For experiments that required mixing, the flow eluting from the HDC column was combined with the flow from a pump delivering THF using a stainless-steel tee-connection (P/N: U-428, IDEX Corp, Illinois). The combined flow was then routed to the Agilent Jet Weaver V35 or V100 mixer (model G4220-60006) of the first-dimension binary pump using 500 × 0.12 mm stainless-steel tubing. The outlet of the mixer was connected with the valve using the same dimensions of tubing.

Configuration Chromatographic System

System A: Depending on the type of experiment, the equipment above was used in a specific setup. For one-dimensional HDC and SEC experiments (system A), one channel of the binary pump was connected to the autosampler, which was coupled to the column(s) and then linked to the DAD. LC × LC experiments were performed with the instrumental setup illustrated in Figure .

Figure 1

Schematic overview of the setup used for HDC × SEC experiments.

System B: for studying the effects of various instrumental parameters including the dissolution process, modulation, traps and resulting SEC separation, the setup of Figure was used without the HDC column (system B) as the experiments all comprised the analysis of a sample of 498 nm PS nanoparticles, for which no HDC separation was required. The first valve shown in Figure was bypassed.

System C: all other LC × LC experiments utilized the system shown in Figure without any modifications (system C). The first valve allowed for the redirection of the flow to waste during the flush program of the HDC column. The first detector functioned to monitor the premature elution of analytes from the traps.
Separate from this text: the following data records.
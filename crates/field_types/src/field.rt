ghost use Rattle.std.specs.Prelude.{◌≡◌, ◌<◌, true, None, Some, OnSome, MatchOption, nat_le, map, length, is_some, option_and_then, slice_get};
ghost use Rattle.std.specs.List.{list_all};
ghost use Rattle.std.specs.Ordering.{nat_cmp};
ghost use Rattle.std.specs.Cmp.Lexicographic.{slice_cmp};
ghost use Rattle.std.specs.Str.{is_utf8};
ghost use Rattle.field_types.specs.Field.{type_of, kind_in, field_table, is_extra_name, is_extra_part};
ghost use Rattle.field_types.specs.Hash.{hash, if_named};
ghost use Rattle.field_types.specs.Names.{bytes_in_row, rows};

use crate::FieldType;
use base_types::Text;
use std::cmp::Ordering;
use std::str;

/// The table of fields, in byte order of their names.
pub const FIELDS: [(&str, FieldType); 84] = [
    ("classification.identifier", FieldType::Text),
    ("classification.taxonomy", FieldType::Taxonomy),
    ("classification.type", FieldType::Class),
    ("comment", FieldType::Text),
    ("destination.abuse_contact", FieldType::Lower),
    ("destination.account", FieldType::Text),
    ("destination.allocated", FieldType::DateTime),
    ("destination.as_name", FieldType::Text),
    ("destination.asn", FieldType::Asn),
    ("destination.domain_suffix", FieldType::Lower),
    ("destination.fqdn", FieldType::Fqdn),
    ("destination.geolocation.cc", FieldType::Cc),
    ("destination.geolocation.city", FieldType::Text),
    ("destination.geolocation.country", FieldType::Text),
    ("destination.geolocation.latitude", FieldType::Decimal),
    ("destination.geolocation.longitude", FieldType::Decimal),
    ("destination.geolocation.region", FieldType::Text),
    ("destination.geolocation.state", FieldType::Text),
    ("destination.ip", FieldType::Ip),
    ("destination.local_hostname", FieldType::Text),
    ("destination.local_ip", FieldType::Ip),
    ("destination.network", FieldType::Network),
    ("destination.port", FieldType::Port),
    ("destination.registry", FieldType::Registry),
    ("destination.reverse_dns", FieldType::Fqdn),
    ("destination.tor_node", FieldType::Flag),
    ("destination.url", FieldType::Url),
    ("destination.urlpath", FieldType::Text),
    ("event_description.target", FieldType::Text),
    ("event_description.text", FieldType::Text),
    ("event_description.url", FieldType::Url),
    ("event_hash", FieldType::Upper),
    ("feed.accuracy", FieldType::Accuracy),
    ("feed.code", FieldType::Text),
    ("feed.documentation", FieldType::Text),
    ("feed.name", FieldType::Text),
    ("feed.provider", FieldType::Text),
    ("feed.url", FieldType::Url),
    ("malware.hash", FieldType::Lower),
    ("malware.hash.md5", FieldType::Lower),
    ("malware.hash.sha1", FieldType::Lower),
    ("malware.hash.sha256", FieldType::Lower),
    ("malware.name", FieldType::Lower),
    ("malware.version", FieldType::Text),
    ("misp.attribute_uuid", FieldType::Lower),
    ("misp.event_uuid", FieldType::Lower),
    ("output", FieldType::Text),
    ("product.full_name", FieldType::Text),
    ("product.name", FieldType::Text),
    ("product.vendor", FieldType::Text),
    ("product.version", FieldType::Text),
    ("protocol.application", FieldType::Lower),
    ("protocol.transport", FieldType::Lower),
    ("raw", FieldType::Raw),
    ("rtir_id", FieldType::Whole),
    ("screenshot_url", FieldType::Url),
    ("source.abuse_contact", FieldType::Lower),
    ("source.account", FieldType::Text),
    ("source.allocated", FieldType::DateTime),
    ("source.as_name", FieldType::Text),
    ("source.asn", FieldType::Asn),
    ("source.domain_suffix", FieldType::Lower),
    ("source.fqdn", FieldType::Fqdn),
    ("source.geolocation.cc", FieldType::Cc),
    ("source.geolocation.city", FieldType::Text),
    ("source.geolocation.country", FieldType::Text),
    ("source.geolocation.latitude", FieldType::Decimal),
    ("source.geolocation.longitude", FieldType::Decimal),
    ("source.geolocation.region", FieldType::Text),
    ("source.geolocation.state", FieldType::Text),
    ("source.ip", FieldType::Ip),
    ("source.local_hostname", FieldType::Text),
    ("source.local_ip", FieldType::Ip),
    ("source.network", FieldType::Network),
    ("source.port", FieldType::Port),
    ("source.registry", FieldType::Registry),
    ("source.reverse_dns", FieldType::Fqdn),
    ("source.tor_node", FieldType::Flag),
    ("source.url", FieldType::Url),
    ("source.urlpath", FieldType::Text),
    ("status", FieldType::Text),
    ("time.observation", FieldType::DateTime),
    ("time.source", FieldType::DateTime),
    ("tlp", FieldType::Tlp),
];

const EXTRA_FRONT: &[u8] = b"extra.";

const LONGEST_EXTRA_PART: usize = 200;

fn has_no_control(name: &[u8]) -> bool
    ensures { result ≡ list_all (λ b. nat_le 32 b) name.now }
{
    name.iter().all(|b| *b >= 32)
}

#[tactic(auto, using(crate::proofs::Utf8::utf8_ok, crate::proofs::Utf8::utf8_err))]
fn is_utf8(name: &[u8]) -> bool
    ensures { result ≡ is_utf8 name.now }
{
    match str::from_utf8(name) {
        Ok(_) => true,
        Err(_) => false,
    }
}

// What may stand behind `extra.`.
fn is_extra_part(name: &[u8]) -> bool
    ensures { result ≡ is_extra_part name.now }
{
    !name.is_empty() && name.len() <= LONGEST_EXTRA_PART && has_no_control(name) && is_utf8(name)
}

// The same of a text, whose bytes are UTF-8.
fn is_extra_text(name: &str) -> bool
    ensures { result ≡ is_extra_part name.now }
{
    !name.is_empty() && name.len() <= LONGEST_EXTRA_PART && has_no_control(name.as_bytes())
}

fn is_extra_name(key: &[u8]) -> bool
    ensures { result ≡ is_extra_name key.now }
{
    match key.strip_prefix(EXTRA_FRONT) {
        Some(name) => is_extra_part(name),
        None => false,
    }
}

// As `is_extra_name`, of a text.
fn is_extra(key: &str) -> bool
    ensures { result ≡ is_extra_name key.now }
{
    match key.strip_prefix("extra.") {
        Some(name) => is_extra_text(name),
        None => false,
    }
}

// Where the row of a name stands, by the name's hash; behind the last row where no name has that hash.
const ROWS: [u8; 256] = [
    84, 84, 37, 53, 84, 21, 25, 82, 67, 84, 84, 84, 84, 4, 51, 2, 18, 26, 84, 84, 29, 84, 84, 84,
    84, 8, 84, 84, 84, 84, 84, 24, 84, 84, 12, 84, 10, 50, 84, 84, 84, 84, 73, 84, 84, 84, 84, 6,
    84, 74, 20, 84, 84, 84, 55, 7, 84, 84, 84, 64, 22, 71, 84, 84, 84, 84, 69, 84, 84, 84, 84, 72,
    46, 84, 84, 84, 84, 84, 84, 84, 84, 84, 84, 84, 84, 9, 52, 3, 38, 84, 84, 27, 84, 84, 84, 84,
    57, 43, 84, 84, 84, 84, 84, 63, 84, 84, 78, 84, 84, 84, 84, 70, 84, 68, 60, 5, 84, 84, 31, 84,
    16, 84, 84, 84, 84, 84, 84, 84, 84, 84, 84, 36, 84, 84, 84, 84, 19, 44, 84, 84, 84, 62, 84, 84,
    84, 32, 34, 84, 76, 84, 39, 84, 81, 33, 65, 84, 84, 84, 84, 84, 42, 84, 84, 84, 84, 84, 61, 84,
    28, 84, 84, 84, 84, 84, 79, 13, 84, 83, 84, 54, 84, 84, 84, 84, 11, 84, 84, 15, 49, 84, 14, 84,
    84, 41, 84, 47, 84, 84, 84, 84, 84, 84, 23, 84, 84, 84, 56, 84, 84, 84, 84, 84, 84, 35, 84, 84,
    84, 84, 84, 75, 84, 1, 84, 0, 84, 84, 84, 84, 84, 84, 58, 17, 84, 30, 84, 84, 59, 84, 84, 84,
    48, 84, 84, 84, 84, 84, 84, 40, 80, 84, 84, 45, 84, 66, 84, 77,
];

// Longer than each name of the table.
const LONG_NAME: usize = 40;

// The names of the table differ in it.
#[tactic(auto, unfolding(crate::specs::Hash::hash))]
fn hash(name: &[u8]) -> usize
    ensures value { result ≡ hash name.now }
    ensures within { result < 256 }
{
    let len = name.len();
    if len == 0 || len > LONG_NAME {
        return 0;
    }
    let sum = len * 11
        + usize::from(name[len / 3]) * 4
        + usize::from(name[len * 2 / 3]) * 14
        + usize::from(name[len - 1]) * 4;
    sum % 256
}

/// A row of the table, by its number.
#[derive(Clone, Copy, Debug)]
pub(crate) struct Row {
    pub number: u8,
    pub ghost in_table: { number < length rows },
}

// The table as it stands in memory.
#[tactic(auto, unfolding(crate::specs::Names::rows))]
fn fields() -> &'static [(&'static str, FieldType)]
    ensures { map (λ row. (row.0.now, row.1)) result.now ≡ rows }
{
    &FIELDS
}

/// The name of a row.
pub(crate) fn name_of(row: Row) -> &'static str
    ensures { result.now ≡ bytes_in_row row.number }
{
    fields()[usize::from(row.number)].0
}

/// The kind of a row.
pub(crate) fn kind_of(row: Row) -> FieldType
    ensures { Some result ≡ type_of (bytes_in_row row.number) }
{
    fields()[usize::from(row.number)].1
}

/// The order of the names of two rows, which is that of their numbers.
pub(crate) fn compare_rows(a: Row, b: Row) -> Ordering
    ensures { result ≡ slice_cmp nat_cmp (bytes_in_row a.number) (bytes_in_row b.number) }
{
    a.number.cmp(&b.number)
}

// Whether the row there has that name.
fn is_named(rows: &[(&'static str, FieldType)], at: usize, name: &[u8]) -> bool
    ensures named { result ≡ is_some (option_and_then (if_named name.now) (slice_get (map (λ row. (row.0.now, row.1)) rows.now) at)) }
    ensures utf8 { result ≡ true → is_utf8 name.now ≡ true }
{
    match rows.get(at) {
        Some(row) => row.0.as_bytes() == name,
        None => false,
    }
}

/// The row of that name in the table. The names of the table stand in JSON strings as they are.
pub(crate) fn row_of(name: &[u8]) -> Option<Row>
    ensures row { MatchOption result (kind_in field_table name.now ≡ None) (λ row. bytes_in_row row.number ≡ name.now) }
    ensures utf8 { OnSome result (is_utf8 name.now ≡ true) }
{
    let number = ROWS[hash(name)];
    if is_named(fields(), usize::from(number), name) {
        Some(Row { number })
    } else {
        None
    }
}

/// The kind of a field, by the bytes of its name; None exactly where there is no such field. It takes no memory.
#[tactic(auto, unfolding(crate::specs::Field::type_of))]
pub fn type_of_bytes(key: &[u8]) -> Option<FieldType>
    ensures { result ≡ type_of key.now }
{
    match row_of(key) {
        Some(row) => Some(kind_of(row)),
        None if is_extra_name(key) => Some(FieldType::Extra),
        None => None,
    }
}

/// The kind of a field, by its name; None exactly where there is no such field. It takes no memory.
#[tactic(auto, unfolding(crate::specs::Field::type_of))]
pub fn type_of(key: &Text) -> Option<FieldType>
    ensures { result ≡ type_of key.now }
{
    match row_of(key.bytes()) {
        Some(row) => Some(kind_of(row)),
        None if is_extra(key.as_str()) => Some(FieldType::Extra),
        None => None,
    }
}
In all setups, the diode-array detectors (DAD) recorded the full spectra from 190 to 640 nm, although the chromatograms shown in this paper reflect specific wavelengths. For 1D-HDC and 1D-SEC analyses, 254 nm was used as detection wavelength. Chromatograms recorded using setups B and C were obtained at 210 nm with 230 nm as reference (bandwidth 4 nm). For all experiments, the sampling rate of the detector was 160 Hz. The temperature for the stationary-phase-assisted modulation and SEC separation in all experiments was 60 °C, which lowered the operating pressures in comparison with room temperature operation. The modulation volumes were always emptied in the counter-current (i.e., backflush) mode, to flush out any nondissolved particles into the SEC dimension and protect the traps.

Chemicals

Nonstabilized tetrahydrofuran (THF, HPLC-S grade) was obtained from Biosolve (Valkenswaard, The Netherlands). Sodium dihydrogen phosphate (cat. no.: 106346, monohydrate) was obtained from Merck (Darmstadt, Germany). Sodium dodecyl sulfate (cat. no.: L4509-250G), Brij L23 nonionic surfactant (cat. no.: B4184-100 ML, specified as 30% w/v solution in water) and sodium azide (cat. no.: S2002-100G) were obtained from Sigma-Aldrich (Darmstadt, Germany). Polystyrene standards (PS) for determining MWD calibration curves were obtained from Polymer Laboratories (now Agilent Technologies, Church Stretton, Shropshire, UK). The 3000 series Nanosphere polystyrene nanoparticle standards were obtained from ThermoFisher Scientific (Bremen, Germany). The used particle diameters were 903 nm ± 12 nm (P/N: 3900A), 498 nm ± 9 nm (P/N: 3500A), 216 nm ± 4 nm (P/N: 3220A), 102 nm ± 3 nm (P/N: 3100A) and 46 nm ± 2 nm (P/N: 3050A). The polyacrylate nanoparticle samples of 76 and 59 nm (average particle sizes determined by 1D-HDC analysis) were provided by DSM Coating Resins (Waalwijk, The Netherlands).

Preparation Methods

For creating a calibration curve, all PS standards were dissolved in THF at concentrations of approximately 0.2 mg mL–1. A stock solution of HDC buffer was created by dissolving 6.2 g sodium dihydrogen orthophosphate, 10.0 g sodium lauryl sulfate, 134 mL Brij L23 nonionic surfactant (specified as a 30% (w/v) solution in water), and 4.0 g sodium azide in 866.7 mL Milli-Q purified water. The stock solution was diluted 20 times with Milli-Q purified water before use. Concentrations of the obtained PS and polyacrylate nanoparticles were reported as % (w/w). PS nanoparticles were diluted 10-fold to a concentration of approximately 0.1% (w/w). Polyacrylate nanoparticles were diluted to concentrations between 0.1 and 0.5% (w/w). For dilution, the buffer utilized for HDC was used.

Analytical Methods

For one-dimensional HDC analysis, system A (see Configuration Chromatographic System) was used with the flow rate set at 1 mL min–1 using the buffer as prepared according to Preparation Methods for the mobile phase. The analysis time was 15 min. The recorded pressure drop was on average 80 bar (8 MPa) at this flow rate. For investigating the effect of incorporating a flush program in the HDC separation on the width of the observed analyte bands, the flow rate was set as follows: 1 mL min–1 from 0.0 to 11.9 min and 0.04 mL min–1 from 11.9 to 60.0 min. The injection volume was 20 μL.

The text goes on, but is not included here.